=== Section Start ===
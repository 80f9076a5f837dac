//! The way through expressions and refs.

ghost use Rattle.std.specs.Prelude.{◌≡◌, ◌∷◌, ◌++◌, [], false, OnOk, IfOk};
ghost use Rattle.pdll_syntax.specs.ExprTree.{expr, exprs, entries, refs, declare_expr, maybe_expr, maybe_exprs, no_expr};
ghost use Rattle.pdll_syntax.specs.ExprView.{expr_form, ref_form};
ghost use Rattle.pdll_types.specs.declared.section.Holder.TheVariants.{Variable};
ghost use Rattle.pdll_types.specs.Asking.{asked_of};
ghost use Rattle.pdll_types.specs.Signatures.{kind_of_refs};
ghost use Rattle.pdll_types.specs.Mentions as spec;
ghost use Rattle.pdll_types.specs.Walk.{walked};

use crate::asked::Asked;
use crate::kind::Kind;
use crate::marks::{note_word, show, use_ref, use_refs};
use crate::refs::{is_later, kind_of_refs};
use crate::section::{Holder, Section};
use crate::table::Table;
use crate::uses::{use_form, use_list, use_members};
use crate::walk::Walk;
use pdll_syntax::expr::{Entry, Expr, ExprForm, OpExpr, Ref, RefForm};
use pdll_syntax::name::Text;
use sqlite_items::Items;
use std::alloc::{AllocError, Global};

/// Goes through an expression.
#[cycle(expressions)]
pub fn walk_expr<'t>(
    alloc: Global,
    table: &Table<'t>,
    walk: &mut Walk<'t>,
    section: Section,
    asked: Asked<'_>,
    x: &'t Expr,
) -> Result<(), AllocError>
    ensures { OnOk result (walk.new ≡ walked table.now (spec.of_expr table.now section (asked_of asked.entry) x.now) walk.old) }
{
    let behind = use_members(walk, asked, x.at, x.members.as_slice())?;
    walk_form(alloc, table, walk, section, behind, x.at, &x.form)
}

/// Goes through an expression without numbers behind it.
#[cycle(expressions)]
#[tactic(auto, unfolding(crate::specs::Mentions::of_expr), using(crate::proofs::Steps::walked_both))]
fn walk_form<'t>(
    alloc: Global,
    table: &Table<'t>,
    walk: &mut Walk<'t>,
    section: Section,
    asked: Asked<'_>,
    at: usize,
    form: &'t ExprForm,
) -> Result<(), AllocError>
    ensures { OnOk result (walk.new ≡ walked table.now (spec.of_expr table.now section (asked_of asked.entry) (expr at (expr_form form.now))) walk.old) }
{
    use_form(alloc, table, walk, section, asked, at, form)?;
    walk_inside(alloc, table, walk, section, at, form)
}

/// Goes through the parts of an expression.
#[cycle(expressions)]
#[tactic(auto, unfolding(crate::specs::Mentions::inside_form), using(crate::proofs::Steps::walked_both))]
fn walk_inside<'t>(
    alloc: Global,
    table: &Table<'t>,
    walk: &mut Walk<'t>,
    section: Section,
    at: usize,
    form: &'t ExprForm,
) -> Result<(), AllocError>
    ensures { OnOk result (walk.new ≡ walked table.now (spec.inside_form table.now section at (expr_form form.now)) walk.old) }
{
    match form {
        ExprForm::Name(_) => Ok(()),
        ExprForm::Call(name, arguments) => walk_arguments(
            alloc,
            table,
            walk,
            section.within(),
            table.parameters(name.as_slice()),
            arguments.as_slice(),
        ),
        ExprForm::Declare(name, refs) => {
            walk_declared(alloc, table, walk, section, at, name, refs.as_slice())
        }
        ExprForm::AttrLit(_) => Ok(()),
        ExprForm::TyLit(_) => Ok(()),
        ExprForm::Op(operation) => walk_operation(alloc, table, walk, section.within(), operation),
    }
}

/// Goes through a variable that is declared at its place.
#[cycle(expressions)]
#[tactic(auto, unfolding(crate::specs::Mentions::inside_form, crate::specs::Mentions::of_all_refs), using(crate::proofs::Steps::walked_both))]
fn walk_declared<'t>(
    alloc: Global,
    table: &Table<'t>,
    walk: &mut Walk<'t>,
    section: Section,
    at: usize,
    name: &'t Text,
    all: &'t [Ref],
) -> Result<(), AllocError>
    ensures { OnOk result (walk.new ≡ walked table.now (spec.inside_form table.now section at (declare_expr name.now (refs all.now))) walk.old) }
{
    let part = section.within();
    let word = name.as_slice();
    note_word(walk, part, false, at, word)?;
    let kind = walk_refs(alloc, table, walk, part, Holder::Variable, all)?;
    show(walk, word, kind)
}

/// Goes through all refs of a variable, a parameter or a result, and gives the kind that they write.
#[cycle(expressions)]
#[tactic(auto, unfolding(crate::specs::Mentions::of_all_refs), using(crate::proofs::Steps::walked_both))]
pub fn walk_refs<'t>(
    alloc: Global,
    table: &Table<'t>,
    walk: &mut Walk<'t>,
    section: Section,
    holder: Holder,
    all: &'t [Ref],
) -> Result<Option<Kind>, AllocError>
    ensures walked { OnOk result (walk.new ≡ walked table.now (spec.of_all_refs table.now section holder (refs all.now)) walk.old) }
    ensures kind { IfOk result (λ k. k ≡ kind_of_refs table.now (refs all.now)) }
{
    let kind = kind_of_refs(alloc, table, all)?;
    use_refs(walk, section, holder, all);
    walk_each_ref(alloc, table, walk, section, holder, &kind, all)?;
    Ok(kind)
}

/// Goes through refs of a variable of this kind.
#[cycle(expressions)]
#[tactic(auto, unfolding(crate::specs::Mentions::of_refs), using(crate::proofs::Steps::walked_both))]
fn walk_each_ref<'t>(
    alloc: Global,
    table: &Table<'t>,
    walk: &mut Walk<'t>,
    section: Section,
    holder: Holder,
    kind: &Option<Kind>,
    all: &'t [Ref],
) -> Result<(), AllocError>
    ensures { OnOk result (walk.new ≡ walked table.now (spec.of_refs table.now section holder kind.now false (refs all.now)) walk.old) }
{
    let mut later = false;
    for one in all {
        use_ref(alloc, table, walk, holder, kind, later, one)?;
        walk_ref(alloc, table, walk, section, one)?;
        later = is_later(later, one);
    }
    Ok(())
}

#[cycle(expressions)]
#[tactic(auto, unfolding(crate::specs::Mentions::inside_ref), using(crate::proofs::Steps::walked_both))]
fn walk_ref<'t>(
    alloc: Global,
    table: &Table<'t>,
    walk: &mut Walk<'t>,
    section: Section,
    one: &'t Ref,
) -> Result<(), AllocError>
    ensures { OnOk result (walk.new ≡ walked table.now (spec.inside_ref table.now section one.now) walk.old) }
{
    walk_ref_form(alloc, table, walk, section, &one.form)
}

/// Goes through the type that a ref has.
#[cycle(expressions)]
#[tactic(auto, unfolding(crate::specs::Mentions::inside_ref_form), using(crate::proofs::Steps::walked_both))]
fn walk_ref_form<'t>(
    alloc: Global,
    table: &Table<'t>,
    walk: &mut Walk<'t>,
    section: Section,
    form: &'t RefForm,
) -> Result<(), AllocError>
    ensures { OnOk result (walk.new ≡ walked table.now (spec.inside_ref_form table.now section (ref_form form.now)) walk.old) }
{
    match form {
        RefForm::Attr(of) => walk_maybe(alloc, table, walk, section, Asked::Type, of),
        RefForm::Op(_) => Ok(()),
        RefForm::Ty => Ok(()),
        RefForm::Tys => Ok(()),
        RefForm::Value(of) => walk_maybe(alloc, table, walk, section, Asked::Type, of),
        RefForm::Values(of) => walk_maybe(alloc, table, walk, section, Asked::Types, of),
        RefForm::Named(_) => Ok(()),
    }
}

#[cycle(expressions)]
#[tactic(auto, unfolding(crate::specs::Mentions::of_operation), using(crate::proofs::Steps::walked_both))]
fn walk_operation<'t>(
    alloc: Global,
    table: &Table<'t>,
    walk: &mut Walk<'t>,
    section: Section,
    operation: &'t OpExpr,
) -> Result<(), AllocError>
    ensures { OnOk result (walk.new ≡ walked table.now (spec.of_operation table.now section operation.now) walk.old) }
{
    walk_list(
        alloc,
        table,
        walk,
        section,
        Asked::Operand,
        &operation.operands,
    )?;
    walk_entries(alloc, table, walk, section, operation.entries.as_slice())?;
    walk_list(
        alloc,
        table,
        walk,
        section,
        Asked::ResultType,
        &operation.types,
    )
}

/// Goes through operands or result types.
#[cycle(expressions)]
#[tactic(auto, unfolding(crate::specs::Mentions::of_list), using(crate::proofs::Steps::walked_both))]
fn walk_list<'t>(
    alloc: Global,
    table: &Table<'t>,
    walk: &mut Walk<'t>,
    section: Section,
    asked: Asked<'_>,
    all: &'t Option<Items<Expr>>,
) -> Result<(), AllocError>
    ensures { OnOk result (walk.new ≡ walked table.now (spec.of_list table.now section (asked_of asked.entry) (maybe_exprs all.now)) walk.old) }
{
    match all {
        None => Ok(()),
        Some(all) => {
            walk_exprs(alloc, table, walk, section, asked, all.as_slice())?;
            use_list(alloc, table, walk, section, asked, all.as_slice())
        }
    }
}

/// Goes through expressions of which the same is asked.
#[cycle(expressions)]
#[tactic(auto, unfolding(crate::specs::Mentions::of_exprs), using(crate::proofs::Steps::walked_both))]
pub fn walk_exprs<'t>(
    alloc: Global,
    table: &Table<'t>,
    walk: &mut Walk<'t>,
    section: Section,
    asked: Asked<'_>,
    all: &'t [Expr],
) -> Result<(), AllocError>
    ensures { OnOk result (walk.new ≡ walked table.now (spec.of_exprs table.now section (asked_of asked.entry) (exprs all.now)) walk.old) }
{
    for x in all {
        walk_expr(alloc, table, walk, section, asked, x)?;
    }
    Ok(())
}

/// What is asked of an argument for the first of these parameters.
fn first_asked(parameters: &[Option<Kind>]) -> Asked<'_>
    ensures { asked_of result ≡ spec.first_asked parameters.now }
{
    match parameters {
        [] => Asked::NotCall,
        [kind, ..] => Asked::Written(kind),
    }
}

/// The parameters but the first.
fn others_asked(parameters: &[Option<Kind>]) -> &[Option<Kind>]
    ensures { result.now ≡ spec.others_asked parameters.now }
{
    match parameters {
        [] => parameters,
        [_, others @ ..] => others,
    }
}

/// Goes through arguments for parameters of these kinds.
#[cycle(expressions)]
#[tactic(auto, unfolding(crate::specs::Mentions::of_arguments), using(crate::proofs::Steps::walked_both))]
fn walk_arguments<'t>(
    alloc: Global,
    table: &Table<'t>,
    walk: &mut Walk<'t>,
    section: Section,
    parameters: &[Option<Kind>],
    all: &'t [Expr],
) -> Result<(), AllocError>
    ensures { OnOk result (walk.new ≡ walked table.now (spec.of_arguments table.now section parameters.now (exprs all.now)) walk.old) }
{
    let mut rest = parameters;
    for x in all {
        walk_expr(alloc, table, walk, section, first_asked(rest), x)?;
        rest = others_asked(rest);
    }
    Ok(())
}

#[cycle(expressions)]
#[tactic(auto, unfolding(crate::specs::Mentions::of_entries), using(crate::proofs::Steps::walked_both))]
fn walk_entries<'t>(
    alloc: Global,
    table: &Table<'t>,
    walk: &mut Walk<'t>,
    section: Section,
    all: &'t [Entry],
) -> Result<(), AllocError>
    ensures { OnOk result (walk.new ≡ walked table.now (spec.of_entries table.now section (entries all.now)) walk.old) }
{
    for entry in all {
        walk_entry(alloc, table, walk, section, entry)?;
    }
    Ok(())
}

#[cycle(expressions)]
#[tactic(auto, unfolding(crate::specs::Mentions::of_entry), using(crate::proofs::Steps::walked_both))]
fn walk_entry<'t>(
    alloc: Global,
    table: &Table<'t>,
    walk: &mut Walk<'t>,
    section: Section,
    entry: &'t Entry,
) -> Result<(), AllocError>
    ensures { OnOk result (walk.new ≡ walked table.now (spec.of_entry table.now section entry.now) walk.old) }
{
    walk_maybe(alloc, table, walk, section, Asked::Attribute, &entry.value)
}

/// Goes through an expression, where there is one.
#[cycle(expressions)]
#[tactic(auto, unfolding(crate::specs::Mentions::of_maybe), using(crate::proofs::Steps::walked_both))]
pub fn walk_maybe<'t>(
    alloc: Global,
    table: &Table<'t>,
    walk: &mut Walk<'t>,
    section: Section,
    asked: Asked<'_>,
    x: &'t Option<Expr>,
) -> Result<(), AllocError>
    ensures { OnOk result (walk.new ≡ walked table.now (spec.of_maybe table.now section (asked_of asked.entry) (maybe_expr x.now)) walk.old) }
{
    match x {
        None => Ok(()),
        Some(x) => walk_expr(alloc, table, walk, section, asked, x),
    }
}
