//! What is wrong with the head of a declaration, and with how its statements end.

ghost use Rattle.std.specs.Prelude.{◌≡◌, ◌||◌, Some, false, IfOk, OnOk};
ghost use Rattle.pdll_syntax.specs.StmtTree.{stmts};
ghost use Rattle.pdll_syntax.specs.StmtView.{stmt_form};
ghost use Rattle.pdll_syntax.specs.declared.file.Decl.TheVariants as decl;
ghost use Rattle.pdll_syntax.specs.declared.fault.PatKind.TheVariants.{Redefined, UnknownNative, BadRoot, WrongPart};
ghost use Rattle.pdll_types.specs.Mentions.{heading, body_stmts};
ghost use Rattle.pdll_types.specs.Names as names;
ghost use Rattle.pdll_types.specs.Parts as parts;
ghost use Rattle.pdll_types.specs.Accepted.{faults};
ghost use Rattle.pdll_types.specs.Walk.{all_noted, step};

use crate::natives::{is_native_constraint, is_native_rewrite};
use crate::statements::names_root;
use crate::table::Table;
use crate::walk::{Walk, noted_where};
use pdll_syntax::fault::{PatFault, PatKind};
use pdll_syntax::file::{CallDecl, Meta, MetaForm, PatternDecl};
use pdll_syntax::name::Name;
use pdll_syntax::stmt::{Body, Stmt, StmtForm};
use std::alloc::{AllocError, Global};
use std::slice::from_ref;

/// The statements of a body.
pub fn body_stmts(body: &Body) -> &[Stmt]
    ensures { stmts result.now ≡ body_stmts body.now }
{
    match body {
        Body::Absent => &[],
        Body::Braces(all, _) => all.as_slice(),
        Body::One(one) => from_ref(one),
        Body::Value(_) => &[],
    }
}

fn is_absent(body: &Body) -> bool
    ensures { result ≡ names.is_absent body.now }
{
    matches!(body, Body::Absent)
}

/// The first fault so far, with that of a name that is declared before.
fn name_noted(table: &Table<'_>, least: Option<PatFault>, name: &Name) -> Option<PatFault>
    ensures { result ≡ all_noted (faults Redefined (names.name_twice table.now (Some name.now))) least }
{
    let twice = table.is_declared(name.text.as_slice());
    noted_where(least, twice, PatKind::Redefined, name.at)
}

fn maybe_name_noted(
    table: &Table<'_>,
    least: Option<PatFault>,
    name: &Option<Name>,
) -> Option<PatFault>
    ensures { result ≡ all_noted (faults Redefined (names.name_twice table.now name.now)) least }
{
    match name {
        None => least,
        Some(name) => name_noted(table, least, name),
    }
}

fn is_benefit(form: MetaForm) -> bool
    ensures { result ≡ names.is_benefit form }
{
    matches!(form, MetaForm::Benefit(_))
}

fn is_either(first: bool, second: bool) -> bool
    ensures { result ≡ (first || second) }
{
    first || second
}

fn meta_before(benefit: bool, recursion: bool, form: MetaForm) -> bool
    ensures { result ≡ names.is_meta_before benefit recursion form }
{
    if is_benefit(form) { benefit } else { recursion }
}

/// The first fault so far, with those of metas of a sort that stands before.
#[tactic(auto, using(crate::proofs::Noting::noted_places))]
fn metas_noted(least: Option<PatFault>, metas: &[Meta]) -> Option<PatFault>
    ensures { result ≡ all_noted (faults Redefined (names.metas_twice false false metas.now)) least }
{
    let mut least = least;
    let (mut benefit, mut recursion) = (false, false);
    for meta in metas {
        let twice = meta_before(benefit, recursion, meta.form);
        least = noted_where(least, twice, PatKind::Redefined, meta.at);
        let is_benefit = is_benefit(meta.form);
        benefit = is_either(benefit, is_benefit);
        recursion = is_either(recursion, !is_benefit);
    }
    least
}

/// The first fault so far, with those of a pattern's name and metas.
#[tactic(auto, using(crate::proofs::Noting::noted_places))]
fn pattern_twice_noted(
    table: &Table<'_>,
    least: Option<PatFault>,
    pattern: &PatternDecl,
) -> Option<PatFault>
    ensures { result ≡ all_noted (faults Redefined (names.heading_twice table.now (decl.Pattern pattern.now))) least }
{
    let least = maybe_name_noted(table, least, &pattern.name);
    metas_noted(least, pattern.metas.as_slice())
}

/// Whether the last of these statements names a root.
fn ends_in_root(all: &[Stmt]) -> bool
    ensures { result ≡ parts.ends_in_root (stmts all.now) }
{
    match all {
        [] => false,
        [.., last] => names_root(last),
    }
}

fn is_return_form(form: &StmtForm) -> bool
    ensures { result ≡ parts.is_return_form (stmt_form form.now) }
{
    matches!(form, StmtForm::Return(_))
}

/// Whether the last of these statements is `return`.
fn ends_in_return(all: &[Stmt]) -> bool
    ensures { result ≡ parts.ends_in_return (stmts all.now) }
{
    match all {
        [] => false,
        [.., last] => is_return_form(&last.form),
    }
}

/// Where a pattern ends.
fn end_of(pattern: &PatternDecl) -> usize
    ensures { result ≡ parts.end_of pattern.now }
{
    match &pattern.body {
        Body::Absent => pattern.at,
        Body::Braces(_, end) => *end,
        Body::One(one) => one.at,
        Body::Value(x) => x.at,
    }
}

/// Looks at the head of a pattern.
#[tactic(auto, unfolding(crate::specs::Walk::step, crate::specs::Walk::faults_at, crate::specs::Sight::sight_behind, crate::specs::Sight::words_behind), using(crate::proofs::Noting::noted_both, crate::proofs::Noting::noted_places))]
pub fn use_pattern(table: &Table<'_>, walk: &mut Walk<'_>, pattern: &PatternDecl)
    ensures { walk.new ≡ step table.now (heading (decl.Pattern pattern.now)) walk.old }
{
    let rootless = !ends_in_root(body_stmts(&pattern.body));
    let least = pattern_twice_noted(table, walk.least, pattern);
    walk.least = noted_where(least, rootless, PatKind::BadRoot, end_of(pattern));
}

/// Looks at the head of a constraint.
#[tactic(auto, unfolding(crate::specs::Walk::step, crate::specs::Walk::faults_at, crate::specs::Sight::sight_behind, crate::specs::Sight::words_behind), using(crate::proofs::Noting::noted_both, crate::proofs::Noting::noted_places))]
pub fn use_constraint(
    alloc: Global,
    table: &Table<'_>,
    walk: &mut Walk<'_>,
    call: &CallDecl,
) -> Result<(), AllocError>
    ensures { OnOk result (walk.new ≡ step table.now (heading (decl.Constraint call.now)) walk.old) }
{
    let unknown = is_absent(&call.body) && !is_native_constraint(alloc, call)?;
    let least = name_noted(table, walk.least, &call.name);
    walk.least = noted_where(least, unknown, PatKind::UnknownNative, call.name.at);
    Ok(())
}

/// The first fault so far, with that of a rewrite with a result whose statements don't end in `return`.
fn return_noted(least: Option<PatFault>, call: &CallDecl) -> Option<PatFault>
    ensures { result ≡ all_noted (faults WrongPart (parts.lacks_return call.now)) least }
{
    match &call.body {
        Body::Braces(all, end) => {
            let lacks = call.gives.is_some() && !ends_in_return(all.as_slice());
            noted_where(least, lacks, PatKind::WrongPart, *end)
        }
        _ => least,
    }
}

/// Looks at the head of a rewrite.
#[tactic(auto, unfolding(crate::specs::Walk::step, crate::specs::Walk::faults_at, crate::specs::Sight::sight_behind, crate::specs::Sight::words_behind), using(crate::proofs::Noting::noted_both, crate::proofs::Noting::noted_places))]
pub fn use_rewrite(
    alloc: Global,
    table: &Table<'_>,
    walk: &mut Walk<'_>,
    call: &CallDecl,
) -> Result<(), AllocError>
    ensures { OnOk result (walk.new ≡ step table.now (heading (decl.Rewrite call.now)) walk.old) }
{
    let unknown = is_absent(&call.body) && !is_native_rewrite(alloc, call)?;
    let least = name_noted(table, walk.least, &call.name);
    let least = noted_where(least, unknown, PatKind::UnknownNative, call.name.at);
    walk.least = return_noted(least, call);
    Ok(())
}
=== Section End ===
What the task asks
From the data, collect all lines where the string "MetaForm" appears.

Worked solution
use pdll_syntax::file::{CallDecl, Meta, MetaForm, PatternDecl};
fn is_benefit(form: MetaForm) -> bool
    matches!(form, MetaForm::Benefit(_))
fn meta_before(benefit: bool, recursion: bool, form: MetaForm) -> bool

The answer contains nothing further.